Thursday, 8 March 2018

F1 2018 Season Preview: Ferrari - One more push?

Ferrari against most predictions made a championship of it last year. From nowhere it stepped up to be almost with the Mercedes on pace - perhaps actually with it or even ahead by some estimates. And not through chance.

Photo: Octane Photography
As Mark Hughes noted of the Ferrari, "it was the most bold and ingenious design on the grid, with more innovations, more nudging against the limits of the regulations, than any other car. That was the first time this could be said of a Ferrari in more than a decade."

The Ferrari didn't have the peaks of the Merc but it was far more adaptable and usable. Its engine was in the ballpark too, certainly come the race. In that most sincere form of flattery plenty of rivals have in their 2018 machines followed the lead of last year's red car.

With a few cards falling the other way Ferrari could have bagged the drivers' title. Over and above its much mooted mid-to-late season unreliability, we had safety cars appearances going against it in China and Spain - either costing Sebastian Vettel probable wins - as well as Seb's errors in Baku and Singapore letting two more victories go from its grasp.

Were this almost any other team on the grid we would interpret this as a strong base from which to go again for the title this season - one more push... But this is Ferrari. There things always can go either way. And more generally you have to go back a decade for the last time the Scuderia followed up a strong campaign with another one. Indeed in the last two campaigns Ferrari's competitiveness has gone the precise opposite way of pre-launch expectation.

This latest car's launch and showing in testing was appropriately enigmatic. The SF71H was well received in its detail and progression of last season's fruitful concept, and it appeared to start testing strongly both on the stopwatch and visually on track. Then on the penultimate day of the second test Vettel stunned with a lap on the hyper-soft tyre over a second quicker than anyone else. But usual health warnings on headline times apply and on longer runs that day it appeared behind its chief rivals.

The sense developed over testing, before Vettel placed a cat among the pigeons, that the Ferrari is perhaps behind the Mercedes (and Red Bull) but also that it remains close and that it is the happier across different types of corner and tyre compound. Like last year.

And there was a lot good about Ferrari last year. We wondered how that campaign might have turned about without driver and team mistakes. The Scuderia may have given itself an opportunity to show us this time.

Sebastian Vettel - Car #5
Photo: Octane Photography
We used to know what to expect from Sebastian Vettel. If he got the smell of a championship in his nostrils he'd be imperious. For a lot of 2017 it appeared indeed that was what we were getting. But the challenge faltered, and Seb cannot be said to be entirely without culpability. Points were lost with his errors in Baku (egregiously), at the start in Singapore, and then with the title as good as gone he showed more misjudgement in the USA and Mexico.

But still we can get too bogged down with such things, as for the most part in 2017 Seb's performance was as intimated straight from his championship-winning plateau. This was whether he was dominating at the front (Bahrain, Spain, Monaco and Brazil), nursing mechanical maladies (Hungary), chasing down foes (Australia, Russia and Austria) or coming through the pack (China, Canada, Azerbaijan and Mexico). And while driver-team relationships at Maranello are notorious for getting fraught Seb's has remained on the level, despite a wobble late in 2016.

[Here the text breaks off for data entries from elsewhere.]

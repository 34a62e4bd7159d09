//! The proof of a sure capture: written by the walk, and accepted by the checker.

ghost use Rattle.std.specs.Prelude.{◌≡◌, ◌≢◌, ◌↔◌, ◌*◌, ◌<◌, ◌≤◌, Ok, None, IfOk, IfSome, IsTrue, false, length};
ghost use Rattle.go_rules.specs.Strings.{cell_at};
ghost use Rattle.read_rules.specs.Answer.{asked_in, first_node};
ghost use Rattle.read_proof.specs.Tokens.{words_in};
ghost use Rattle.sure_rules.specs.SureTree.{surely_wins};
ghost use Rattle.sure_proof.specs.SureProofs.{IsSureProof};
ghost use Rattle.write_sure.specs.Room.{longest_proof};

use crate::refusal::SureProofError;
use crate::text::is_short;
use crate::walk::write_first;
use go_base::{Bytes, Cell, Point, Position};
use read_proof::codes::{first_node, question_on};
use read_rules::{Depths, Kind, Node};
use read_zones::zone_of;
use std::alloc::Global;
use sure_proof::check_node;

/// Whether the target is surely captured at the node, with `plies` plies left.
fn is_sure(pos: &Position, node: Node, plies: u8) -> bool
    requires { node.turn.target < pos.now.size * pos.now.size }
    ensures { result ≡ surely_wins plies node pos.now }
{
    let _ = pos.size();
    zone_of(pos, node, plies).is_some()
}

/// The text that the walk writes, if it is not too long and the checker accepts it.
fn accepted(alloc: Global, pos: &Position, node: Node, plies: u8) -> Result<Bytes, SureProofError>
    requires { node.turn.target < pos.now.size * pos.now.size }
    ensures proof { IfOk result (λ text. IsSureProof plies node pos.now (words_in text)) }
    ensures short { IfOk result (λ text. length text ≤ longest_proof) }
{
    let mut text = Bytes::new(alloc);
    write_first(pos, node, plies, &mut text)?;
    if !is_short(text.as_slice()) {
        return Err(SureProofError::TooLong);
    }
    if !check_node(pos, node, plies, text.as_slice()) {
        return Err(SureProofError::NotFound);
    }
    Ok(text)
}

/// A proof that the target is surely captured at the node, with `plies` plies left; `Ok(None)` exactly if it is not
/// surely captured.
fn node_proof(
    alloc: Global,
    pos: &Position,
    node: Node,
    plies: u8,
) -> Result<Option<Bytes>, SureProofError>
    requires { node.turn.target < pos.now.size * pos.now.size }
    ensures proof { IfOk result (λ told. IfSome told (λ text. IsSureProof plies node pos.now (words_in text))) }
    ensures short { IfOk result (λ told. IfSome told (λ text. length text ≤ longest_proof)) }
    ensures not_sure { result ≡ Ok None ↔ (surely_wins plies node pos.now ≡ false) }
{
    if !is_sure(pos, node, plies) {
        return Ok(None);
    }
    match accepted(alloc, pos, node, plies) {
        Ok(text) => Ok(Some(text)),
        Err(why) => Err(why),
    }
}

/// A proof that the string at `target` is surely captured with these depths, under the ko allowances of `code`: for an
/// attack the attacker plays first, and for a defence the defender. `Ok(None)` exactly if the string is not surely
/// captured so.
///
/// Each text that is answered is a proof, since the crate `sure_proof` accepts it. That a text is found for each sure
/// capture, if it is not too long and there is memory, is tested and not proved. If the attacker plays first, the text
/// begins with the first move in reading order that surely captures. Takes memory.
pub fn sure_proof(
    alloc: Global,
    pos: &Position,
    of: Kind,
    target: Point,
    depths: Depths,
    code: u8,
) -> Result<Option<Bytes>, SureProofError>
    requires on_board { target < pos.now.size * pos.now.size }
    requires stone { cell_at pos.now.cells target ≢ Cell.Empty }
    ensures proof { IfOk result (λ told. IfSome told (λ text. IsSureProof depths.plies
        (first_node (asked_in depths.tree pos.now of target depths.plies depths.wide) code) pos.now
        (words_in text))) }
    ensures short { IfOk result (λ told. IfSome told (λ text. length text ≤ longest_proof)) }
    ensures not_sure { result ≡ Ok None ↔ (surely_wins depths.plies
        (first_node (asked_in depths.tree pos.now of target depths.plies depths.wide) code) pos.now ≡ false) }
{
    let question = question_on(pos, of, target, depths);
    node_proof(alloc, pos, first_node(&question, code), question.plies)
}
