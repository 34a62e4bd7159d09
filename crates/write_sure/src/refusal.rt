//! Why no proof of a sure capture is answered.

use go_base::NoMemory;
use thiserror::Error;

/// Why no proof of a sure capture is answered.
#[derive(Clone, Copy, Debug, PartialEq, Eq, Error)]
pub enum SureProofError {
    /// The proof has more than 1,048,576 bytes.
    #[error("proof too long")]
    TooLong,
    /// There was no memory for the proof.
    #[error("out of memory")]
    NoMemory,
    /// The search found no text, or the checker did not accept the text that it found.
    #[error("no proof found")]
    NotFound,
}

impl From<NoMemory> for SureProofError {
    fn from(_: NoMemory) -> SureProofError {
        SureProofError::NoMemory
    }
}
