// Colours.
ghost use Rattle.css_colours.specs.Colours.{colour_of};
ghost use Rattle.css_colour_laws.specs.SpelledColours.{SpellsColour};
ghost use Rattle.css_word_laws.specs.ValueLaws.{Agrees, NonePast};

/// Colours are read as they are spelled.
pub fn colours_are_spelled()
    ensures { Agrees colour_of SpellsColour NonePast }
{}
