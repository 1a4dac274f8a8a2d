// The stops of one property: the keyframes that name it.
ghost use Rattle.std.specs.Prelude.{◌≡◌, is_some, option_map};
ghost use Rattle.std.specs.List.{list_any};
ghost use Rattle.page_model.specs.Keyframes as definition;
ghost use Rattle.keyframe_sets.specs.Views.{stop_as, share_as};

use crate::share::Share;
use page_model::{Easing, Keyframe, KeyframeSet, Prop, Setting, Value};

/// A stop: its offset in hundredths of a percent, its value, and the easing from there on where it has its own.
#[derive(Clone, Copy)]
pub struct Stop {
    pub offset: u16,
    pub value: Value,
    pub easing: Option<Easing>,
}

/// A number for each property, by which two are compared.
pub fn number_of(prop: Prop) -> u8
    ensures { result ≡ definition.number_of prop }
{
    match prop {
        Prop::Background => 0,
        Prop::Opacity => 1,
        Prop::Visibility => 2,
        Prop::Left => 3,
        Prop::Top => 4,
        Prop::Width => 5,
        Prop::Height => 6,
    }
}

/// Whether two properties are one.
fn is_same(first: Prop, second: Prop) -> bool
    ensures { result ≡ definition.is_same first second }
{
    number_of(first) == number_of(second)
}

/// The value of a property among some settings.
fn value_in(prop: Prop, values: &[Setting]) -> Option<Value>
    ensures { result ≡ definition.value_in prop values.now }
{
    values
        .iter()
        .find(|setting| is_same(setting.prop, prop))
        .map(|setting| setting.value)
}

/// The stop of a property at a keyframe that names it.
pub fn stop_of(prop: Prop, frame: &Keyframe) -> Option<Stop>
    ensures { option_map stop_as result ≡ definition.stop_of prop frame.now }
{
    match value_in(prop, frame.values.as_slice()) {
        Some(value) => Some(Stop {
            offset: frame.offset,
            value,
            easing: frame.easing,
        }),
        None => None,
    }
}

/// Whether a progress has reached a stop, which isn't the one at 100%.
pub fn is_reached(at: Share, stop: Stop) -> bool
    ensures { result ≡ definition.is_reached (share_as at) (stop_as stop) }
{
    stop.offset < 10000 && stop.offset as u64 * at.den <= 10000 * at.num
}

/// Whether a keyframe names a property.
fn has_stop(prop: Prop, frame: &Keyframe) -> bool
    ensures { result ≡ is_some (definition.stop_of prop frame.now) }
{
    stop_of(prop, frame).is_some()
}

/// Whether one of some keyframes names it.
fn some_names(prop: Prop, frames: &[Keyframe]) -> bool
    ensures { result ≡ list_any (λ frame. is_some (definition.stop_of prop frame)) frames.now }
{
    frames.iter().any(|frame| has_stop(prop, frame))
}

/// Whether a set names a property: whether a keyframe of it has a value of the property.
pub fn names(set: &KeyframeSet, prop: Prop) -> bool
    ensures { result ≡ definition.names prop set.now.frames }
{
    some_names(prop, set.frames.as_slice())
}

Seb at his best is one from the very top drawer. If the Ferrari lives up to most of its promise we can expect more of this in 2018.

Kimi Raikkonen - Car #7
Photo: Octane Photography
Whatever doubts around are gone. In 2017 we received confirmation of what Kimi Raikkonen's role at Ferrari is these days. That of a steady support act, retained mainly due to that he doesn't rock the boat and comes with an all-important Sebastian Vettel Good Housekeeping Seal of Approval.

It may sound harsh, and on some levels it is. Kimi of course bagged pole at Monaco last year (his first pole for near enough a decade) which always is a feather in the cap. As usual even Seb couldn't live with him in the fast turns such as those at Silverstone. But Kimi it seems these days is unable or unwilling to be sufficiently agricultural for laptime in the slow stuff, curiously something he did just fine in his pace peak in the mid-noughties.

In 2017 it added up to qualifying and race result time deficits to Seb that often defied belief. Word is that if Ferrari protegee Charles Leclerc at Sauber proves this year to be about as good as everyone thinks he is then he'll be in the seat for 2019. So we could be in for a Kimi swansong.